When you receive preventive care, you won't have a copay. During that visit, if you also receive care that's not considered preventive care, then a copay will be charged. For example: If you go to your doctor for a seasonal flu shot and an annual wellness visit, you wouldn't have a copay because these are preventive care services. If during the same visit, you tell your doctor about a condition that requires an X-ray or you ask to have a skin tag removed, you would have a copay for those two services. That's because the X-ray is used to diagnose and the skin tag removal is a separate procedure, neither of which are considered preventive care.

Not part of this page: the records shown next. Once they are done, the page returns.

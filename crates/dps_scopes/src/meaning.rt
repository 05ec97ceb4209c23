//! What an identifier means where it stands.
ghost use Rattle.std.specs.Prelude.{◌≡◌, IfOk, IfSome};
ghost use Rattle.dps_scopes.specs.Scopes.{is_projection_word, are_projection_digits, begins_as_projection, projection_of, is_reserved, IsProjection, IsMeaningOver, declared_meaning, meaning};
ghost use Rattle.dps_scopes.specs.Blocks.{blocks};

use crate::definitions::Definitions;
use crate::scope::Scope;
use crate::signature::SignatureBuilder;
use dps_signature::is_identifier;
use dps_terms::{NoMemory, Sym};

/// `proj_i_n`: the i-th member of a tuple of length n.
#[derive(Clone, Copy, Debug, PartialEq, Eq)]
pub struct Projection {
    pub index: u32,
    pub length: u32,
}

/// What an identifier means.
#[derive(Clone, Copy, Debug, PartialEq, Eq)]
pub enum Meaning {
    /// A local, by its number.
    Local(usize),
    /// A declared name, by its number, and whether it is private.
    Name(u32, bool),
    /// A declared function, with its arity.
    Function(Sym, u32),
    /// A defined process, by its number, with the number of its parameters.
    Process(usize, usize),
    Projection(Projection),
    Unknown,
}

/// Whether the text begins with `proj_`.
pub fn begins_as_projection(text: &str) -> bool
    ensures { result ≡ begins_as_projection text.now }
{
    match text.as_bytes() {
        [p, r, o, j, u, ..] => is_projection_word(*p, *r, *o, *j, *u),
        _ => false,
    }
}

fn is_projection_word(p: u8, r: u8, o: u8, j: u8, u: u8) -> bool
    ensures { result ≡ is_projection_word p r o j u }
{
    p == b'p' && r == b'r' && o == b'o' && j == b'j' && u == b'_'
}

/// Whether no declaration may name this text: it begins with `proj_`, is `ax` followed by digits, or is no identifier.
#[tactic(auto, using(crate::proofs::Identifiers::for_identifiers))]
pub fn is_reserved(text: &str) -> bool
    ensures { result ≡ is_reserved text.now }
{
    if begins_as_projection(text) {
        return true;
    }
    !is_identifier(text)
}

/// The projection that this text names.
fn projection_of(text: &[u8]) -> Option<Projection>
    ensures length { IfSome result IsProjection }
    ensures found { result ≡ projection_of text.now }
{
    match text {
        [p, r, o, j, u, index, v, length] => {
            if is_projection_word(*p, *r, *o, *j, *u)
                && *v == b'_'
                && are_projection_digits(*index, *length)
            {
                Some(Projection {
                    index: u32::from(*index - b'0'),
                    length: u32::from(*length - b'0'),
                })
            } else {
                None
            }
        }
        _ => None,
    }
}

fn are_projection_digits(index: u8, length: u8) -> bool
    ensures { result ≡ are_projection_digits index length }
{
    b'1' <= index && index <= length && b'2' <= length && length <= b'8'
}

/// What the declarations so far say of a text, which is no local and no projection there. Names, functions and processes
/// share one table.
pub fn declared_meaning(
    definitions: &Definitions,
    signature: &SignatureBuilder,
    text: &str,
) -> Meaning
    ensures over { IsMeaningOver signature.now result }
    ensures found { result ≡ declared_meaning signature.now definitions.now text.now }
{
    if begins_as_projection(text) {
        return Meaning::Unknown;
    }
    let declared = signature.signature();
    if let Some(sym) = declared.symbol(text) {
        return Meaning::Function(sym, declared.arity(sym));
    }
    if let Some(number) = declared.name(text) {
        return Meaning::Name(number, declared.is_private(number));
    }
    match definitions.find(text) {
        Some(number) => Meaning::Process(number, definitions.parameters(number)),
        None => Meaning::Unknown,
    }
}

/// What a text means in a process. Locals hide what is declared, and projections may be written. It fails only where no
/// `usize` holds the number of locals, for which there is no memory.
pub fn meaning_of(
    definitions: &Definitions,
    scope: &Scope<'_>,
    signature: &SignatureBuilder,
    text: &str,
) -> Result<Meaning, NoMemory>
    ensures over { IfOk result (IsMeaningOver signature.now) }
    ensures found { IfOk result (λ found. found ≡ meaning signature.now definitions.now (blocks scope.now) text.now) }
{
    if let Some(number) = scope.find(text)? {
        return Ok(Meaning::Local(number));
    }
    match projection_of(text.as_bytes()) {
        Some(projection) => Ok(Meaning::Projection(projection)),
        None => Ok(declared_meaning(definitions, signature, text)),
    }
}
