//! The parts of a production.
ghost use Rattle.std.specs.Prelude.{◌≡◌};
ghost use Rattle.dps_syntax.specs.Parts.{parts_of};
ghost use Rattle.dps_scopes.specs.Terms.{is_kind, count_inner};
ghost use Rattle.dps_scopes.specs.RuleTerms.{has_more};

use dps_lex::TokenKind;
use dps_syntax::{Leaf, Part};

/// Whether the token is of this kind.
pub fn is_kind(leaf: &Leaf, kind: TokenKind) -> bool
    ensures { result ≡ is_kind kind leaf.now }
{
    kind == leaf.kind
}

/// How many productions stand in a row.
#[tactic(auto, using(crate::proofs::Rows::for_counting))]
pub fn count_inner(parts: &[Part]) -> usize
    ensures { result ≡ count_inner (parts_of parts.now) }
{
    let mut count = 0;
    for part in parts {
        if let Part::Inner(_) = part {
            count += 1;
        }
    }
    count
}

/// Whether something stands there.
pub(crate) fn has_more(parts: &[Part]) -> bool
    ensures { result ≡ has_more (parts_of parts.now) }
{
    match parts {
        [] => false,
        [Part::Token(_), ..] => true,
        [Part::Inner(_), ..] => true,
    }
}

It's helpful to know what types of care are considered preventive.

Preventive care includes:

  • An annual wellness visit that is a comprehensive, preventive medicine evaluation that results in a prevention plan based on your needs
  • Services to help you avoid illness or injury, including flu shots or pneumonia vaccines
  • Tests and screenings to detect undiagnosed diseases or problems, including routine cancer screenings, such as mammograms

Preventive care does not include:

  • Diagnosis or monitoring of a problem or symptom you already have
  • Treatment of pain or other symptoms of an illness or disease
  • Treatment of problems found during a preventive care appointment

Before going to a skilled nursing facility, Medicare requires that you stay in the hospital as an inpatient for three consecutive days. Sometimes when you go to the hospital, the hospital will put you on observation status before admitting you.

This observation period doesn't count toward the three-day stay that Medicare requires. Without a three-day inpatient stay, Medicare won't cover your skilled care charges.

If you do meet the three-day stay requirement, your skilled nursing facility charges are covered for up to 100 days each benefit period.